The most-used meaning of "cyberinfrastructure," at least by those of us trolling for grant support, is (surprise, surprise) that put forward by the US National Science Foundation (NSF). In 2003, the NSF took a data-centric view of CI as "the new research environments that support advanced data acquisition, data storage, data management, data integration, data mining, data visualization and other computing and information processing services over the Internet. In scientific usage, cyberinfrastructure is a technological solution to the problem of efficiently connecting data, computers, and people with the goal of enabling derivation of novel scientific theories and knowledge" ( www.nsf.gov/news/news_summ.jsp?cntn_id=100330). High minded, but rather officious.

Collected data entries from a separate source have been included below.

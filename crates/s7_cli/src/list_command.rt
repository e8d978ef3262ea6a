ghost use Rattle.std.specs.Prelude.{◌≢◌, ℕ, List, [], ◌∷◌, Some};
ghost use Rattle.s7_cli.specs.Command.{ListImage};
ghost use Rattle.s7_cli.specs.Ends.{EndsWithStatus, sink_moments};
ghost use Rattle.s7_cli.specs.Inner.{ComesBeforeLine, CommandComesTo};
ghost use Rattle.s7_cli.specs.Reading.{disk_moments};
ghost use Rattle.s7_cli.specs.StatusTable.{StatusTable};

use crate::failures::{ExitStatus, Failure, File};
use crate::files::read_file;
use crate::finish::{Output, end_command, write_outputs};
use crate::listing::check_listing;
use plc_io::{Files, Sink};
use std::alloc::Global;

/// Writes the source and the symbols file of what an image holds, and then `OK`.
fn list_image<F: Files, K: Sink>(
    alloc: Global,
    image: &[u8],
    src: &str,
    sym: &str,
    files: &mut F,
    out: &mut K,
) -> Result<(), Failure>
    requires { src.now ≢ sym.now }
    ensures { let went = disk_moments (F.shown files.old) (F.shown files.new) in
        let took = sink_moments (K.shown out.old) (K.shown out.new) in
        (img : List ℕ)
        → CommandComesTo (ListImage img src.now sym.now) (image.now ∷ []) went took result }
{
    let listing = check_listing(alloc, image)?;
    let source = Output {
        name: src,
        bytes: listing.source.as_slice(),
    };
    let symbols = Output {
        name: sym,
        bytes: listing.symbols.as_slice(),
    };
    write_outputs(files, out, &source, &symbols)
}

/// Reads an image, writes the source and the symbols file of what it holds, and then `OK`.
fn list<F: Files, K: Sink>(
    alloc: Global,
    img: &str,
    src: &str,
    sym: &str,
    files: &mut F,
    out: &mut K,
) -> Result<(), Failure>
    requires { src.now ≢ sym.now }
    ensures { let went = disk_moments (F.shown files.old) (F.shown files.new) in
        let took = sink_moments (K.shown out.old) (K.shown out.new) in
        ComesBeforeLine (Some (ListImage img.now src.now sym.now)) went took result }
{
    let image = read_file(alloc, files, File::Image, img)?;
    list_image(alloc, &image, src, sym, files, out)
}

/// Loads the image in the file `img`, makes the source that is listed of its program the whole of
/// the file `src`, and its names the whole of the symbols file `sym`, and then writes `OK`; or
/// writes the line of a refusal, and no file. Where the status is 0, the two compile to the program
/// of the image, names and lines with it. Either may be the image's own file.
pub fn cmd_list<F: Files, K: Sink>(
    alloc: Global,
    img: &str,
    src: &str,
    sym: &str,
    files: &mut F,
    out: &mut K,
) -> ExitStatus
    requires { src.now ≢ sym.now }
    ensures ends { let went = disk_moments (F.shown files.old) (F.shown files.new) in
        EndsWithStatus (Some (ListImage img.now src.now sym.now)) went
        (sink_moments (K.shown out.old) (K.shown out.new)) result.code }
    ensures table { let went = disk_moments (F.shown files.old) (F.shown files.new) in
        StatusTable (Some (ListImage img.now src.now sym.now)) went
        (sink_moments (K.shown out.old) (K.shown out.new)) result.code }
{
    let came = list(alloc, img, src, sym, files, out);
    end_command(out, came)
}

But as fashions change, so too do definitions. A more human view of CI is that given by Fran Berman, the San Diego Supercomputer Center's director: "Cyberinfrastructure is the coordinated aggregate of software, hardware, and other technologies, as well as human expertise, required to support current and future discoveries in science and engineering. The challenge of cyberinfrastructure is to integrate relevant and often disparate resources to provide a useful, usable, and enabling framework for research and discovery characterized by broad access and 'end-to-end' coordination" ( http://vis.sdsc.edu/sbe/SBE-CISE_Workshop_Intro.pdf). This definition moves away from CI's control aspect, and doesn't seem like something we need to protect from foreign invaders.
That CI includes the people element and is needed for research and creativity might just reflect Berman's view of our modern world. However, it must be true seeing that the NSF's Blue Ribbon Advisory Panel on CI also came to the same conclusion: "Like the physical infrastructure of roads, bridges, power grids, telephone lines, and water systems that support modern society, 'cyberinfrastructure' refers to the distributed computer, information and communication technologies combined with the personnel and integrating components that provide a long-term platform to empower the modern scientific research endeavor" ( www.nsf.gov/od/oci/reports/toc.jsp).
I like these later definitions because they make me feel that my limited efforts to improve computational science education for people are strengthening the CI, and thus building a stronger society. Indeed, the aforementioned Blue Ribbon Panel envisions us building new types of scientific and engineering knowledge environments and organizations on the CI to pursue research in new ways and with increased efficacy. Although I can't envision a world without a good book to read each night, maybe the next good book that I'll write will have to be CI-correct.